### Task prompt
The expected response is a copy of every line in the entries below that includes the word "TagFault".

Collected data

•••

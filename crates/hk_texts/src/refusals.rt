// The lines of a source that has no plan.
ghost use Rattle.std.specs.Prelude.{◌≡◌, IfOk};
ghost use Rattle.std.specs.Fmt.{decimal};
ghost use Rattle.hk_base.specs.Identifier.{print_ident};
ghost use Rattle.hk_texts.specs.Printed as spec;

use hk_base::{Identifier, NoMemory, Text};
use hk_feed::FeedFault;
use hk_rules::{PlanFault, RulesFault};
use hk_tags::TagFault;
use std::alloc::Global;

/// The line of a refused `site.toml`. Linear in what it names.
pub fn rules_line(alloc: Global, fault: &RulesFault) -> Result<Text, NoMemory>
    ensures { IfOk result (λ text. text ≡ spec.rules_line fault.now) }
{
    match fault {
        RulesFault::TooLong => Text::from_slice(alloc, b"site.toml: more than 1048576 bytes\n"),
        RulesFault::NotToml => Text::from_slice(alloc, b"site.toml: not TOML\n"),
        RulesFault::BadRule { number, word } => {
            rule_line(alloc, *number, b"", word.as_slice(), b"\n")
        }
        RulesFault::TooManyRules => Text::from_slice(alloc, b"site.toml: more than 1024 rules\n"),
        RulesFault::BadContext { name } => {
            around(alloc, b"site.toml: context ", name.as_slice(), b"\n")
        }
        RulesFault::DoubleSnapshot { number, name } => {
            rule_line(alloc, *number, b"snapshot ", name.as_slice(), b" twice\n")
        }
        RulesFault::UnknownContext { number, name } => {
            rule_line(alloc, *number, b"unknown context ", name.as_slice(), b"\n")
        }
        RulesFault::BadTags { number, word } => table_line(alloc, "tags", *number, word.as_slice()),
        RulesFault::BadPaginate { number, word } => {
            table_line(alloc, "paginate", *number, word.as_slice())
        }
        RulesFault::BadFeed { number, word } => table_line(alloc, "feed", *number, word.as_slice()),
    }
}

/// `site.toml: ` with the key of a table, its number and the key in it that is at fault.
fn table_line(alloc: Global, kind: &str, number: u32, word: &[u8]) -> Result<Text, NoMemory>
    ensures { IfOk result (λ text. text ≡ spec.table_line kind.now number word.now) }
{
    let head = format!(in alloc; "site.toml: {kind} {number}: ")?;
    let mut line = head.into_bytes();
    line.extend_from_slice(word)?;
    line.extend_from_slice(b"\n")?;
    Ok(Text::from_vec(line))
}

/// `site.toml: rule N: ` with a word in front of a name and one after it.
fn rule_line(
    alloc: Global,
    number: u32,
    front: &[u8],
    name: &[u8],
    back: &[u8],
) -> Result<Text, NoMemory>
    ensures { IfOk result (λ text. text ≡ spec.rule_line number front.now name.now back.now) }
{
    let head = format!(in alloc; "site.toml: rule {number}: ")?;
    let mut line = head.into_bytes();
    line.extend_from_slice(front)?;
    line.extend_from_slice(name)?;
    line.extend_from_slice(back)?;
    Ok(Text::from_vec(line))
}

/// A name between two words.
fn around(alloc: Global, front: &[u8], name: &[u8], back: &[u8]) -> Result<Text, NoMemory>
    ensures { IfOk result (λ text. text ≡ spec.around front.now name.now back.now) }
{
    let mut line = Vec::from_slice(alloc, front)?;
    line.extend_from_slice(name)?;
    line.extend_from_slice(back)?;
    Ok(Text::from_vec(line))
}

/// The line of rules that make no plan of a folder. Linear in what it names.
pub fn plan_line(alloc: Global, fault: &PlanFault) -> Result<Text, NoMemory>
    ensures { IfOk result (λ text. text ≡ spec.plan_line fault.now) }
{
    match fault {
        PlanFault::BadName { path } => around(alloc, b"site: bad name ", path.as_slice(), b"\n"),
        PlanFault::TooManyItems => Text::from_slice(alloc, b"site: more than 65535 items\n"),
        PlanFault::BadHeader { path, line } => header_line(alloc, path.as_slice(), *line),
        PlanFault::BadTarget { id } => id_line(alloc, b"site: bad target of ", id),
        PlanFault::SameTarget {
            target,
            first,
            second,
        } => same_line(alloc, target.as_slice(), first, second),
        PlanFault::NestedTarget {
            outer,
            inner,
            first,
            second,
        } => nested_line(alloc, outer.as_slice(), inner.as_slice(), first, second),
    }
}

/// The line of tables that give no pages. Linear in what it names.
pub fn tag_line(alloc: Global, fault: &TagFault) -> Result<Text, NoMemory>
    ensures { IfOk result (λ text. text ≡ spec.tag_line fault.now) }
{
    match fault {
        TagFault::BadPath { path } => around(alloc, b"site: bad page ", path.as_slice(), b"\n"),
        TagFault::Taken { id } => {
            let printed = id.print(alloc)?;
            around(alloc, b"site: page ", printed.as_slice(), b" is taken\n")
        }
        TagFault::NoDate { id } => id_line(alloc, b"site: no date of ", id),
        TagFault::TooManyItems => Text::from_slice(alloc, b"site: more than 65535 items\n"),
    }
}

/// The line of feeds that can't be made. Linear in what it names.
pub fn feed_line(alloc: Global, fault: &FeedFault) -> Result<Text, NoMemory>
    ensures { IfOk result (λ text. text ≡ spec.feed_line fault.now) }
{
    match fault {
        FeedFault::BadTarget { target } => {
            around(alloc, b"site: bad target ", target.as_slice(), b"\n")
        }
        FeedFault::Taken { target } => {
            around(alloc, b"site: feed ", target.as_slice(), b" is taken\n")
        }
        FeedFault::NoSnapshot { id, name } => snapshot_line(alloc, name.as_slice(), id),
        FeedFault::NoDate { id } => id_line(alloc, b"site: no date of ", id),
    }
}

fn snapshot_line(alloc: Global, name: &[u8], id: &Identifier) -> Result<Text, NoMemory>
    ensures { IfOk result (λ text. text ≡ spec.snapshot_line name.now id.now) }
{
    let mut back = id.print(alloc)?.into_vec();
    back.push(b'\n')?;
    let mut line = Vec::from_slice(alloc, b"site: no snapshot ")?;
    line.extend_from_slice(name)?;
    line.extend_from_slice(b" of ")?;
    line.extend_from_slice(&back)?;
    Ok(Text::from_vec(line))
}

fn header_line(alloc: Global, path: &[u8], line: u64) -> Result<Text, NoMemory>
    ensures { IfOk result (λ text. text ≡ spec.header_line path.now line) }
{
    let back = format!(in alloc; ", line {line}\n")?;
    around(alloc, b"site: header of ", path, back.as_bytes())
}

fn id_line(alloc: Global, front: &[u8], id: &Identifier) -> Result<Text, NoMemory>
    ensures { IfOk result (λ text. text ≡ spec.around front.now (print_ident id.now) (spec.end_of_line)) }
{
    let printed = id.print(alloc)?;
    around(alloc, front, printed.as_slice(), b"\n")
}

fn same_line(
    alloc: Global,
    target: &[u8],
    first: &Identifier,
    second: &Identifier,
) -> Result<Text, NoMemory>
    ensures { IfOk result (λ text. text ≡ spec.same_line target.now first.now second.now) }
{
    let first = first.print(alloc)?;
    let second = second.print(alloc)?;
    let mut line = Vec::from_slice(alloc, b"site: target ")?;
    line.extend_from_slice(target)?;
    line.extend_from_slice(b" of ")?;
    line.extend_from_slice(first.as_slice())?;
    line.extend_from_slice(b" and ")?;
    line.extend_from_slice(second.as_slice())?;
    line.push(b'\n')?;
    Ok(Text::from_vec(line))
}

fn nested_line(
    alloc: Global,
    outer: &[u8],
    inner: &[u8],
    first: &Identifier,
    second: &Identifier,
) -> Result<Text, NoMemory>
    ensures { IfOk result (λ text. text ≡ spec.nested_line outer.now inner.now first.now second.now) }
{
    let above = above(alloc, outer, first)?;
    let mut line = above.into_vec();
    line.extend_from_slice(b" lies above ")?;
    let below = second.print(alloc)?;
    line.extend_from_slice(inner)?;
    line.extend_from_slice(b" of ")?;
    line.extend_from_slice(below.as_slice())?;
    line.push(b'\n')?;
    Ok(Text::from_vec(line))
}

fn above(alloc: Global, outer: &[u8], first: &Identifier) -> Result<Text, NoMemory>
    ensures { IfOk result (λ text. text ≡ spec.above outer.now first.now) }
{
    let id = first.print(alloc)?;
    let mut line = Vec::from_slice(alloc, b"site: target ")?;
    line.extend_from_slice(outer)?;
    line.extend_from_slice(b" of ")?;
    line.extend_from_slice(id.as_slice())?;
    Ok(Text::from_vec(line))
}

•••

### Exercise response
use hk_tags::TagFault;
pub fn tag_line(alloc: Global, fault: &TagFault) -> Result<Text, NoMemory>
        TagFault::BadPath { path } => around(alloc, b"site: bad page ", path.as_slice(), b"\n"),
        TagFault::Taken { id } => {
        TagFault::NoDate { id } => id_line(alloc, b"site: no date of ", id),
        TagFault::TooManyItems => Text::from_slice(alloc, b"site: more than 65535 items\n"),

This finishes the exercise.